The Simon Snow series, Book 1

St. Martin's Griffin
Fiction, YA Fantasy/Romance
Themes: Cross-Genre, Diversity, Ghosts, Girl Power, Hidden Wonders, Magic Workers, Schools, Vampires
****

Description

Simon Snow was a wretched orphan in modern London, with no clue who he was or where he belonged, if anywhere... until he erupted with magic that burned his latest foster home down (while sparing the occupants, transporting them blocks away). That was when the Mage, leader of the Coven of English mages, found him and whisked him off to the Watford School of Magicks. That was when Simon learned that he might be the answer to an ancient prophecy about the "Chosen One", the most powerful magician to ever live, who will save the magical world from a terrible threat. And that was when Simon discovered he had a deadly enemy in a magic-nullifying force known as the Insidious Humdrum. Well, two enemies: in his first year at Watford, he was paired with the world's worst and most evil (and almost certainly vampiric) roommate in the body of Tyrannus Basilton "Baz" Pitch-Grimm.
Baz is descended from two long lines of powerful Old Families. Simon is still an orphan of unknown parentage. Baz is impeccably groomed and a top Watford student in every subject. Simon is neither. Baz has perfect command of his powers, while Simon just explodes at random despite his best efforts. And Baz has spent the past seven school years trying to humiliate, endanger, and kill Simon and his friends, genius Penelope and beautiful girlfriend Agatha. He even tried to feed Simon to the chimera in the Wandering Wood.

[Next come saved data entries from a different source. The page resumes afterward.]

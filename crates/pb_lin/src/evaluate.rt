// Constraints under assignments.
ghost use Rattle.std.specs.Prelude.{◌≡◌, ◌≤◌, ◌^◌, ◌↔◌, length, sum_by, count_by, All, IsTrue};
ghost use Rattle.scut_base.specs.Assignment.{lit_true, partial_truth};
ghost use Rattle.pb_lin.specs.Constraint.{UpTo, Holds, total, term_value, value, possible_value, slack, unless_false};

use crate::Constraint;
use scut_base::{Assignment, Lit, Partial};

impl Constraint {
    /// The coefficients of the literals that aren't false, minus the degree: what the sum can lose
    /// before the constraint is false. Costs one pass over the terms; where all coefficients are 1
    /// it only counts literals.
    pub fn slack(&self, part: &Partial) -> i128
        requires { UpTo (length part.now) self.now }
        ensures { result ≡ slack part.now self.now }
    {
        self.possible(part) as i128 - self.degree() as i128
    }

    /// Whether the constraint is true. Costs one pass over the terms; where all coefficients are 1
    /// it only counts literals.
    pub fn holds(&self, a: &Assignment) -> bool
        requires { UpTo (length a.now) self.now }
        ensures { IsTrue result ↔ Holds a.now self.now }
    {
        self.degree() <= self.value(a)
    }

    // The sum of the coefficients of the literals that aren't false.
    fn possible(&self, part: &Partial) -> u128
        requires { UpTo (length part.now) self.now }
        ensures value { result ≡ sum_by (possible_value part.now) self.now.terms }
        ensures small { result ≤ 2 ^ 100 }
    {
        if self.is_cardinality() {
            return possible_count(self.literals(), part) as u128;
        }
        let mut sum = 0;
        for at in 0..self.len() {
            sum += possible_value(self.term(at), part);
        }
        sum
    }

    // The sum of the coefficients of the true literals.
    fn value(&self, a: &Assignment) -> u128
        requires { UpTo (length a.now) self.now }
        ensures { result ≡ value a.now self.now.terms }
    {
        if self.is_cardinality() {
            return true_count(self.literals(), a) as u128;
        }
        let mut sum = 0;
        for at in 0..self.len() {
            sum += term_value(self.term(at), a);
        }
        sum
    }
}

// The number of the literals that aren't false.
fn possible_count(lits: &[Lit], part: &Partial) -> usize
    requires { All (λ l. l.var ≤ length part.now) lits.now }
    ensures value { result ≡ sum_by (λ l. unless_false (partial_truth part.now l) 1) lits.now }
    ensures short { result ≤ length lits.now }
{
    let mut count = 0;
    for lit in lits {
        if part.get(*lit) != Some(false) {
            count += 1;
        }
    }
    count
}

// The coefficient where the literal is true or open, and else 0.
fn possible_value(term: (Lit, u128), part: &Partial) -> u128
    requires { term.0.var ≤ length part.now }
    ensures value { result ≡ possible_value part.now term }
    ensures bound { result ≤ term.1 }
{
    match part.get(term.0) {
        Some(false) => 0,
        _ => term.1,
    }
}

// The number of the true literals.
fn true_count(lits: &[Lit], a: &Assignment) -> usize
    requires { All (λ l. l.var ≤ length a.now) lits.now }
    ensures { result ≡ count_by (lit_true a.now) lits.now }
{
    let mut count = 0;
    for lit in lits {
        if a.value(*lit) {
            count += 1;
        }
    }
    count
}

// The coefficient where the literal is true, and else 0.
fn term_value(term: (Lit, u128), a: &Assignment) -> u128
    requires { term.0.var ≤ length a.now }
    ensures value { result ≡ term_value a.now term }
    ensures bound { result ≤ term.1 }
{
    if a.value(term.0) { term.1 } else { 0 }
}
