// Sizes of constraints.
ghost use Rattle.std.specs.Prelude.{◌≡◌};
ghost use Rattle.pb_lin.specs.Constraint.{IsNormal, size, total};

use crate::Constraint;

/// The largest size of a constraint, 2^100. Twice a size, and a slack with its sign, stay within 128
/// bits, so that no sum of coefficients is tested on the way.
pub const SIZE_LIMIT: u128 = 1 << 100;

impl Constraint {
    /// The sum of the coefficients. Costs one pass over them, and constant time where all are 1.
    pub fn total(&self) -> u128
        ensures value { result ≡ total self.now.terms }
        ensures normal { IsNormal self.now.terms self.now.degree }
    {
        if self.is_cardinality() {
            return self.len() as u128;
        }
        let mut total = 0;
        for at in 0..self.len() {
            total += self.term(at).1;
        }
        total
    }

    /// The coefficients and the degree, summed: at most 2^100. Costs as much as `total`.
    pub fn size(&self) -> u128
        ensures value { result ≡ size self.now }
        ensures normal { IsNormal self.now.terms self.now.degree }
    {
        self.total() + self.degree()
    }
}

This year, Simon's last at Watford, he can't imagine what the beastly Baz has in store for him. Except what Baz has in store is nothing, because he's gone missing.
Simon should be relieved. Instead, he can't stop thinking about his roommate and enemy. Is this Baz's most devious plot yet to end Simon Snow, or is his roommate in trouble - and, if so, why does he find himself caring so much? Then Baz's dead mother visits their room, charging Simon with helping her son avenge her death... if he can find both the boy and the killer. Meanwhile, the clock ticks down on Simon's prophecised destiny, and the Humdrum only grows bolder by the minute, yet Simon's protector and mentor the Mage is more scarce than ever. This final year at Watford is going to be his most explosive yet, in more ways than anyone can possibly imagine.

Review

I read and very much enjoyed Rowell's standalone novel Fangirl, about a young woman who finds strength and comfort in a fictional fantasy franchise about Simon Snow (with clear nods to Harry Potter). According to the end notes, when Rowell finished that book, she couldn't let go of Simon, whose story was alluded to in clips from both "canon" work and the character's fanfic, so she decided to write his story. This is an unusual approach to writing a story, particularly a fantasy story. I'm still processing how well that paid off.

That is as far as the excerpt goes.